**How to complete this task:** The word "Option" marks the lines you need; copy each of them from the data.

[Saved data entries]

//! A native that a turn carries out, and what its answer comes to.
ghost use Rattle.std.specs.Prelude.{◌≡◌, false, IfOk, None, OnOk, reverse, drop};
ghost use Rattle.plan_ends.specs.Ends.{ByValue};
ghost use Rattle.turn_dispatch.specs.Ending.{Awaits};
ghost use Rattle.js_flow.specs.Fine.{FineFrames, FineNative};
ghost use Rattle.js_values.specs.Answers.{IsCarried, IsFineOut};
ghost use Rattle.native_image.specs.Image.{beside, dispatches_of};
ghost use Rattle.native_image.specs.Refines.{FiresAtOwn};
ghost use Rattle.native_image.specs.Sound.{KeepsAll};
ghost use Rattle.js_values.specs.declared.outcome.NativeOut.TheVariants as native_out;
ghost use Rattle.js_values.specs.declared.outcome.Plan.TheVariants as native_calls;
ghost use Rattle.turn_dispatch.specs.Held.{FineDoing};
ghost use Rattle.turn_dispatch.specs.declared.level.Doing.TheVariants as doing;
ghost use Rattle.turn_dispatch.specs.Turns.{bubbled_of};
ghost use Rattle.turn_dispatch.specs.Waiting.{FineFiring, FineLevels};
ghost use Rattle.turn_steps.specs.Keeping.{Keeps};
ghost use Rattle.turn_steps.specs.Carrying.{IsAnswered, IsPerformed, is_fire, is_wanting};
ghost use Rattle.turn_steps.specs.Steps.{IsMoved};
ghost use Rattle.turn_steps.specs.Turning.{FineWidget, forests};

use crate::moving::{Moved, follow};
use code_units::Memory;
use js_flow::{Completion, Control, NativeCall};
use js_values::{Meter, NativeOut, Plan};
use native_image::{Shared, Widget};
use natives::call;
use object_store::Value;
use turn_dispatch::{Calls, Doing, Firing, Level, Site, Task, give, resume};

// Whether `bubble` was called in the innermost open dispatch, if one is open.
fn innermost(dispatches: &Vec<bool>) -> Option<bool>
    ensures { result ≡ bubbled_of dispatches.now.items }
{
    match dispatches.last() {
        Some(bubbled) => Some(*bubbled),
        None => None,
    }
}

// Puts the innermost open dispatch back, with whether `bubble` was called in it.
fn put_innermost(dispatches: &mut Vec<bool>, bubbled: Option<bool>) -> Result<(), Memory>
    ensures { OnOk result (reverse dispatches.new.items
        ≡ dispatches_of bubbled (drop 1 (reverse dispatches.old.items))) }
{
    dispatches.pop();
    match bubbled {
        Some(bubbled) => dispatches.push(bubbled)?,
        None => dispatches.clear(),
    }
    Ok(())
}

// Whether an answer is that fuel is wanting.
fn is_wanting(out: &NativeOut) -> bool
    ensures { result ≡ is_wanting out.now }
{
    matches!(out, NativeOut::OutOfFuel)
}

// Carries a native out, in the innermost of the open dispatches.
fn perform(
    shared: &mut Shared,
    widget: &mut Widget,
    dispatches: &mut Vec<bool>,
    native: &NativeCall,
    meter: &mut Meter,
) -> Result<NativeOut, Memory>
    requires widget { FineWidget shared.old widget.old }
    requires native { FineNative widget.old.id.index shared.old.store.cells native.now }
    ensures carried { IfOk result
        (IsPerformed shared.old shared.new widget.old widget.new dispatches.old.items dispatches.new.items meter.old
        meter.new native.now) }
    ensures fine { OnOk result (FineWidget shared.new widget.new) }
    ensures kept { KeepsAll widget.old.id.index shared.old.store shared.new.store shared.old.page shared.new.page
        widget.new.around }
    ensures number { widget.new.id.index ≡ widget.old.id.index }
    ensures codes { shared.new.codes ≡ shared.old.codes }
{
    widget.bubbled = innermost(dispatches);
    let out = call(native, shared, meter, widget)?;
    put_innermost(dispatches, widget.bubbled)?;
    Ok(out)
}

// Whether an answer asks for handlers.
fn is_fire(out: &NativeOut) -> bool
    ensures { result ≡ is_fire out.now }
{
    matches!(out, NativeOut::Call(Plan::Fire { .. }))
}

// The handlers that a native asks for are called at each node in turn: the task waits for them.
fn fire(
    shared: &mut Shared,
    widget: &Widget,
    calls: &mut Calls,
    task: Box<Task>,
    firing: Firing,
) -> Result<Doing, Memory>
    requires widget { FineWidget shared.old widget.now }
    requires firing { FineFiring widget.now.id.index shared.old.store.cells shared.old.page firing }
    requires task { task.value.widget ≡ widget.now.id.index }
    requires frames { FineFrames
        (forests shared.old) widget.now.id.index shared.old.store.cells task.value.frames.list.items }
    requires awaits { Awaits (forests shared.old) widget.now.id.index shared.old.store.cells ByValue
        task.value.frames.list.items }
    requires levels { FineLevels
        (forests shared.old) widget.now.id.index shared.old.store.cells shared.old.page calls.old.levels.items }
    ensures answered { IfOk result
        (IsAnswered shared.old shared.new widget.now calls.old calls.new task.value firing.depth
        (native_out.Call (native_calls.Fire firing.kind firing.nodes firing.last))) }
    ensures fine { OnOk result (FineWidget shared.new widget.now) }
    ensures kept { Keeps shared.old shared.new widget.now widget.now }
{
    let firing = Box::new(shared.alloc, firing)?;
    calls.levels.push(Level::Waits(task))?;
    calls.levels.push(Level::Fires(firing, 0))?;
    let site = Site {
        id: widget.id,
        page: &shared.page,
        around: &widget.around,
    };
    let how = Completion::Is(Value::Undefined);
    let doing = give(shared.alloc, &mut shared.store, &site, calls, how)?;
    Ok(doing)
}

// A task waits for a native that a caller at this depth asked for.
fn wait(task: &mut Task, depth: u32)
    ensures { task.new ≡ record task.old { control = Control.Waits depth } }
{
    task.control = Control::Waits(depth);
}

// The task that waits for a native goes on with its answer.
fn resume_task(
    shared: &mut Shared,
    widget: &Widget,
    calls: &mut Calls,
    task: Box<Task>,
    answer: (u32, NativeOut),
) -> Result<Doing, Memory>
    requires widget { FineWidget shared.old widget.now }
    requires out { IsFineOut widget.now.id.index shared.old.store.cells answer.1 × IsCarried answer.1 }
    requires task { task.value.widget ≡ widget.now.id.index }
    requires frames { FineFrames
        (forests shared.old) widget.now.id.index shared.old.store.cells task.value.frames.list.items }
    requires awaits { Awaits (forests shared.old) widget.now.id.index shared.old.store.cells ByValue
        task.value.frames.list.items }
    requires levels { FineLevels
        (forests shared.old) widget.now.id.index shared.old.store.cells shared.old.page calls.old.levels.items }
    ensures answered { IfOk result
        (IsAnswered shared.old shared.new widget.now calls.old calls.new task.value answer.0 answer.1) }
    ensures fine { OnOk result (FineWidget shared.new widget.now) }
    ensures kept { Keeps shared.old shared.new widget.now widget.now }
{
    let mut task = task;
    let (depth, out) = answer;
    wait(&mut task, depth);
    let stepped = resume(
        shared.alloc,
        &shared.codes,
        &mut shared.store,
        &mut task,
        out,
    )?;
    let site = Site {
        id: widget.id,
        page: &shared.page,
        around: &widget.around,
    };
    let doing = follow(shared.alloc, &mut shared.store, &site, calls, task, stepped)?;
    Ok(doing)
}

// What a native gave comes to: its calls are made, or the task that waits for it goes on.
fn answer(
    shared: &mut Shared,
    widget: &Widget,
    calls: &mut Calls,
    task: Box<Task>,
    answer: (u32, NativeOut),
) -> Result<Doing, Memory>
    requires widget { FineWidget shared.old widget.now }
    requires out { IsFineOut widget.now.id.index shared.old.store.cells answer.1 }
    requires paid { is_wanting answer.1 ≡ false }
    requires fires { FiresAtOwn widget.now.id.index
        (beside shared.old.store shared.old.page widget.now.around None) answer.1 }
    requires task { task.value.widget ≡ widget.now.id.index }
    requires frames { FineFrames
        (forests shared.old) widget.now.id.index shared.old.store.cells task.value.frames.list.items }
    requires awaits { Awaits (forests shared.old) widget.now.id.index shared.old.store.cells ByValue
        task.value.frames.list.items }
    requires levels { FineLevels
        (forests shared.old) widget.now.id.index shared.old.store.cells shared.old.page calls.old.levels.items }
    ensures answered { IfOk result
        (IsAnswered shared.old shared.new widget.now calls.old calls.new task.value answer.0 answer.1) }
    ensures fine { OnOk result (FineWidget shared.new widget.now) }
    ensures kept { Keeps shared.old shared.new widget.now widget.now }
{
    if !is_fire(&answer.1) {
        return resume_task(shared, widget, calls, task, answer);
    }
    let (depth, out) = answer;
    match out {
        NativeOut::Call(Plan::Fire { kind, nodes, last }) => {
            let firing = Firing {
                kind,
                nodes,
                last,
                depth,
            };
            fire(shared, widget, calls, task, firing)
        }
        _ => unreachable!(),
    }
}

/// Carries out a native for the task that waits for it, and goes on with what it gave. Where fuel is
/// wanting the turn is as it was.
pub(crate) fn carry(
    shared: &mut Shared,
    widget: &mut Widget,
    calls: &mut Calls,
    at: (Box<Task>, Box<NativeCall>),
    meter: &mut Meter,
) -> Result<Moved, Memory>
    requires widget { FineWidget shared.old widget.old }
    requires native { FineDoing (forests shared.old) widget.old.id.index shared.old.store shared.old.page
        (doing.Native at.0 at.1) }
    requires levels { FineLevels
        (forests shared.old) widget.old.id.index shared.old.store.cells shared.old.page calls.old.levels.items }
    ensures moved { IfOk result
        (IsMoved shared.old shared.new widget.old widget.new calls.old calls.new meter.old meter.new
        (doing.Native at.0 at.1)) }
    ensures fine { OnOk result (FineWidget shared.new widget.new) }
    ensures kept { Keeps shared.old shared.new widget.old widget.new }
{
    let (task, native) = at;
    let out = perform(shared, widget, &mut calls.dispatches, &native, meter)?;
    if is_wanting(&out) {
        return Ok(Moved {
            doing: Doing::Native(task, native),
            is_short: true,
        });
    }
    let doing = answer(shared, widget, calls, task, (native.depth, out))?;
    Ok(Moved {
        doing,
        is_short: false,
    })
}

**Expected answer:**
fn innermost(dispatches: &Vec<bool>) -> Option<bool>
fn put_innermost(dispatches: &mut Vec<bool>, bubbled: Option<bool>) -> Result<(), Memory>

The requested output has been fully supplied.